For the last 47 years, October 4th marked the date the Soviet Union launched Sputnik and started the government-sponsored space race. Now it also marks the date when a privately manned spacecraft started the quest of personal space transportation, and Brian Binnie played a key role as the pilot of the revolutionary SpaceShipOne. Born in 1953 in West Lafayette, Indiana, Binnie began dreaming of flight as a four-year-old boy. Binnie graduated from Brown University in 1975 with a degree in Aerospace Engineering. After earning advanced degrees from Brown and Princeton Universities, Binnie became an Ensign in the US Navy in 1978. During his naval career, Binnie logged over 4,300 flight hours in the Strike-Fighter community.
He completed five operational carrier tours that included 490 arrested landings as well as combat operations associated with Operations DESERT SHIELD, DESERT STORM, and SOUTHERN WATCH. During Operation DESERT STORM he flew 33 combat missions over Iraq in the F/A-18 as a member of VFA-195. In his career, Binnie completed the Naval Aviation Safety School and the Naval Test Pilot School. He spent 13 years in flight-test activities working at each of the Navy's three principal research, development, testing, and evaluation sites. While a test pilot for the Navy, Binnie evaluated systems for the A-6E Intruder, A-7E Corsair II, and F/A-18 Hornet. In 1998, Binnie retired as a Commander from the Navy. After returning to the civilian world, Binnie went to work as a test pilot for Rotary Rocket, the company that developed a unique rocket powered vehicle called the Roton.
At the same time, he developed a close working relationship with Burt Rutan's team at Scaled Composites, and Binnie joined their team in 2000. The team's goal became the Ansari X Prize, a $10 million competition offered to help jumpstart the space tourism industry.
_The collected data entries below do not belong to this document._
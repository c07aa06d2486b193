//! The canonical batch of changes, and of text edits.

ghost use Rattle.std.specs.Prelude.{◌≡◌, ◌≤◌, Err, IfErr, IfOk, IsOk, length, map, string_len, sum_by};
ghost use Rattle.std.specs.Str.{chars};
ghost use Rattle.lsp_text.specs.Units.{units_in};
ghost use Rattle.lsp_edit.specs.Edited.{content_change};
ghost use Rattle.lsp_edit.specs.Indexed.{IsCanonicalBatch, IsBatchFaultOf};
ghost use Rattle.lsp_edit.specs.TextEdits.{IsBatchOfEdits, IsEditsFault, located};
ghost use Rattle.lsp_edit.specs.declared.text_edits.TextEditFault.TheVariants as edits_fault;

use crate::change::{Change, MAX_NEW_TEXT};
use crate::composed::MAX_OLD_TEXT;
use crate::indexed::IndexedText;
use crate::indexed::fault::BatchFault;
use crate::pieces::canonical::canonical_of;
use crate::text_edits::{TextEdit, TextEditFault, decided_fault, spans_of_edits};
use lsp_text::Encoding;

impl IndexedText {
    /// Returns the canonical batch of what a batch means on the text. It has one change for each
    /// changed gap between kept characters, from the last gap to the first.
    ///
    /// Has the errors of [`IndexedText::change`], and changes nothing. Costs what
    /// [`IndexedText::delta`] and [`crate::Delta::canonical`] cost.
    pub fn canonical(
        &self,
        encoding: Encoding,
        changes: &[Change],
        max_len: usize,
    ) -> Result<Vec<Change>, BatchFault>
        requires size { length self.now ≤ MAX_OLD_TEXT }
        requires fits { sum_by (λ change. string_len change.text) changes.now ≤ MAX_NEW_TEXT }
        ensures batch { IfOk result
            (λ batch. IsCanonicalBatch (units_in encoding) max_len self.now
            (map content_change changes.now) (map content_change batch.items)) }
        ensures error { IfErr result (IsBatchFaultOf (units_in encoding) max_len self.now
            (map content_change changes.now)) }
    {
        // States that the text is UTF-8.
        let _ = self.len();
        let alloc = *self.allocator();
        // `?` isn't proved here.
        match self.delta(encoding, changes, max_len) {
            Ok(delta) => Ok(delta.canonical(alloc, self)?),
            Err(fault) => Err(fault),
        }
    }

    /// Returns the canonical batch of what text edits mean (LSP 3.17, TextEdit[]). All their ranges
    /// count in the current text, and insertions at one offset come in the order of the list.
    ///
    /// An error reports an edit with a faulty range, two edits that overlap, or out of memory; a
    /// faulty range also where memory runs out. Costs each edit's two positions, a stable sort by
    /// their starts, and one exact position for each end of a changed gap.
    pub fn batch_of_edits(
        &self,
        encoding: Encoding,
        edits: &[TextEdit],
    ) -> Result<Vec<Change>, TextEditFault>
        ensures batch { IfOk result (λ batch.
            IsBatchOfEdits (units_in encoding) self.now edits.now
            (map content_change batch.items)) }
        ensures error { IfErr result (λ fault.
            IsEditsFault (units_in encoding) (chars self.now) edits.now fault) }
        // Where memory runs out, no range is faulty.
        ensures memory { result ≡ Err edits_fault.NoMemory
            → IsOk (located (units_in encoding) (chars self.now) 0 edits.now) }
    {
        let alloc = *self.allocator();
        let text = self.text();
        let spans = match spans_of_edits(alloc, text, encoding, edits) {
            Ok(spans) => spans,
            Err(fault) => return Err(decided_fault(text, encoding, edits, fault)),
        };
        Ok(canonical_of(alloc, text, &spans, encoding)?)
    }
}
Binnie's role was to pilot the team's entry-SpaceShipOne. The task for Scaled Composites was not easy. To win the cash prize, Rutan's team had to privately finance, build, and launch a spaceship to 100 kilometers (62.5 miles), return it safely to Earth, and repeat the launch with the same vehicle within two weeks. As the project progressed, Binnie completed 54 test flights in the White Knight mother ship and the SpaceShipOne spacecraft.
On December 17, 2003, the 100th anniversary of the Wright brothers' first powered flight, Binnie piloted the first powered test flight of SpaceShipOne. Flight 11P reached a top speed of Mach 1.2 and an altitude of 67,800 feet. Mike Melvill successfully piloted SpaceShipOne more than 62 miles high on September 29, 2004, thus completing the first flight for the X Prize. On October 4, 2004, Binnie piloted SpaceShipOne to a record altitude of 367,442 feet and captured the X Prize for Rutan's team. Over his entire flying career Binnie logged over 4,600 hours of flight time in 62 different aircraft. Binnie is an Associate Fellow of the Society of Experimental Test Pilots and has published many technical articles. He lives in Rosamond, California with his wife "Bub" of 24 years and has three children: Justin, Jonathan, and Jennifer.
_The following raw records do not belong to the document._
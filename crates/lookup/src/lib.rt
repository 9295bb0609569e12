// A unit looked up, and refusals 1 to 4: what plan, phase and the image's length say before a byte is read. Its users are the
// crates above it, which keep document 01's refusals in order by calling it first.
#![tactic(auto)]

ghost use Rattle.std.specs.Prelude.{◌≡◌, ◌||◌, [], ◌∷◌, Bool, leb, ◌<◌, ◌≤◌, length, MatchResult};
ghost use Rattle.model.specs.Plans.{width};
ghost use Rattle.model.specs.Groups.{last};
ghost use Rattle.model.specs.Layout.{copy_a, total, copy_of};
ghost use Rattle.model.specs.Numbers.{number_of, numbered};
ghost use Rattle.model.specs.Refusals.{grouping, bad_job, ◌when◌, first, start_number};
ghost use Rattle.model.proofs.RefusalLaws.{PlanOk};
ghost use Rattle.lookup.specs.Spans.{image_row, job_row, Spans};

use group::part_of;
use layout::{copy_length, measure, width_of};
use model::refusals::Refusal;
use model::{Phase, Plan};

// Refusals 1, 2 and 17.
pub fn check_plan(plan: Plan) -> Result<(), Refusal>
    ensures { numbered result ≡ start_number plan }
{
    measure(plan, 0)?;
    Ok(())
}

// A unit looked up: its width, its first image byte and the byte past its last, and, counted from its first byte, where each copy
// begins. The marker is the unit's first byte, and has the page before copy A.
#[derive(Clone, Copy, Debug, PartialEq, Eq)]
pub struct Span {
    pub base: u32,
    pub end: u32,
    pub a: u32,
    pub b: u32,
    pub width: u32,
}

// Refused, for an image of `length` bytes: the plan's and 3, and 4 for a unit that there is not.
pub fn span_of(plan: Plan, unit: u16, length: usize) -> Result<Span, Refusal>
    ensures { MatchResult result (Spans plan unit length)
        (λ refusal. (late : Bool) → number_of refusal ≡ job_row plan unit length late) }
{
    let whole = measure(plan, unit)?;
    if length < whole.total as usize {
        return Err(Refusal::ShortImage);
    }
    if unit >= plan.count {
        return Err(Refusal::BadJob);
    }
    let width = width_of(plan, unit);
    let copy = copy_length(width, whole.page);
    Ok(Span {
        base: whole.base,
        end: whole.base + whole.page + 2 * copy,
        a: whole.page,
        b: whole.page + copy,
        width: width as u32,
    })
}

// The same of a unit that lies in the image.
pub fn unit_span(plan: Plan, unit: u16, length: usize) -> Span
    requires { PlanOk plan × (total plan ≤ length) × (unit < plan.count) }
    ensures { Spans plan unit length result }
{
    span_of(plan, unit, length).unwrap()
}

// Copy A of a unit, as a part of the image.
pub fn copy_a(plan: Plan, image: &[u8], unit: u16) -> &[u8]
    requires { PlanOk plan × (total plan ≤ length image.now) × (unit < plan.count) }
    ensures { result.now ≡ copy_of plan image.now unit copy_a }
{
    let span = unit_span(plan, unit, image.len());
    let start = (span.base + span.a) as usize;
    let end = start + span.width as usize;
    &image[start..end]
}

// Refusal 4: a phase of no unit, or with as many stores made as the job has.
fn check_job(plan: Plan, unit: u16, made: u16, total: u32) -> Result<(), Refusal>
    ensures { numbered result ≡ first (4 when (leb plan.count unit || leb total made) ∷ []) }
{
    if plan.count <= unit {
        return Err(Refusal::BadJob);
    }
    if total <= made as u32 {
        return Err(Refusal::BadJob);
    }
    Ok(())
}

// The same of a group: a write that its payload hasn't, or with as many stores made as it has.
fn check_write(plan: Plan, payload: &[u8; 256], write: u16, made: u16) -> Result<(), Refusal>
    requires { width plan (last plan) ≤ 256 }
    ensures { numbered result ≡ first (4 when bad_job plan payload.now (grouping write made) ∷ []) }
{
    let part = part_of(plan, payload, write)?;
    let width = width_of(plan, part.unit) as u32;
    if 2 * width + 3 <= made as u32 {
        return Err(Refusal::BadJob);
    }
    Ok(())
}

// Refusals 1 to 4, for an image of `length` bytes. The payload is looked at in a group phase only.
pub fn check_device(
    plan: Plan,
    payload: &[u8; 256],
    phase: Phase,
    length: usize,
) -> Result<(), Refusal>
    ensures { numbered result ≡ first (image_row plan payload.now phase length) }
{
    let whole = measure(plan, 0)?;
    let total = whole.total as usize;
    if length < total {
        return Err(Refusal::ShortImage);
    }
    match phase {
        Phase::Cold | Phase::Ready => Ok(()),
        Phase::Writing { unit, made } => {
            let width = width_of(plan, unit) as u32;
            check_job(plan, unit, made, 2 * width + 3)
        }
        Phase::Recovering { unit, made, .. } => {
            let width = width_of(plan, unit) as u32;
            check_job(plan, unit, made, width + 1)
        }
        Phase::Grouping { write, made } => check_write(plan, payload, write, made),
    }
}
On October 4, 2004, Brian Binnie rocketed SpaceShipOne into history. He piloted the first privately manned spacecraft to exceed an altitude of 328,000 feet twice within the span of a 14-day period and claimed the $10 million dollar Ansari X prize. Additionally, Brian Binnie broke the altitude record set on August 22, 1963, by Joseph A. Walker, who flew the X-15 to an unofficial world altitude record of 354,200 feet. Brian Binnie's SpaceShipOne flight carried him all the way to 367,442 feet or 69.6 miles above the Earth's surface.